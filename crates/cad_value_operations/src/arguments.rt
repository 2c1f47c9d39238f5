// Arguments of built-in members: a row, one in each place.
ghost use Rattle.std.specs.Prelude.{◌≡◌, option_map};
ghost use Rattle.cad_evaluation.specs.Arguments as spec;
ghost use Rattle.cad_rows.specs.Views.{pure_row, pure_tree};

use cad_rows::{Place, Slot, Tree, tree_at};

/// The argument at a place of the row.
pub(crate) fn argument(row: &[Place], i: usize) -> Option<&Tree>
    ensures { option_map (λ t. pure_tree t.now) result ≡ spec.argument i (pure_row row.now) }
{
    match tree_at(row, i) {
        Slot::Full(tree) => Some(tree),
        _ => None,
    }
}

= = =

• TO DO: Top to bottom, transcribe every line above exactly.

• RESPONSE TO THIS TASK:
filename crates/cad_value_operations/src/arguments.rt
repository 2c1f47c9d39238f5
// Arguments of built-in members: a row, one in each place.
ghost use Rattle.std.specs.Prelude.{◌≡◌, option_map};
ghost use Rattle.cad_evaluation.specs.Arguments as spec;
ghost use Rattle.cad_rows.specs.Views.{pure_row, pure_tree};

use cad_rows::{Place, Slot, Tree, tree_at};

/// The argument at a place of the row.
pub(crate) fn argument(row: &[Place], i: usize) -> Option<&Tree>
    ensures { option_map (λ t. pure_tree t.now) result ≡ spec.argument i (pure_row row.now) }
{
    match tree_at(row, i) {
        Slot::Full(tree) => Some(tree),
        _ => None,
    }
}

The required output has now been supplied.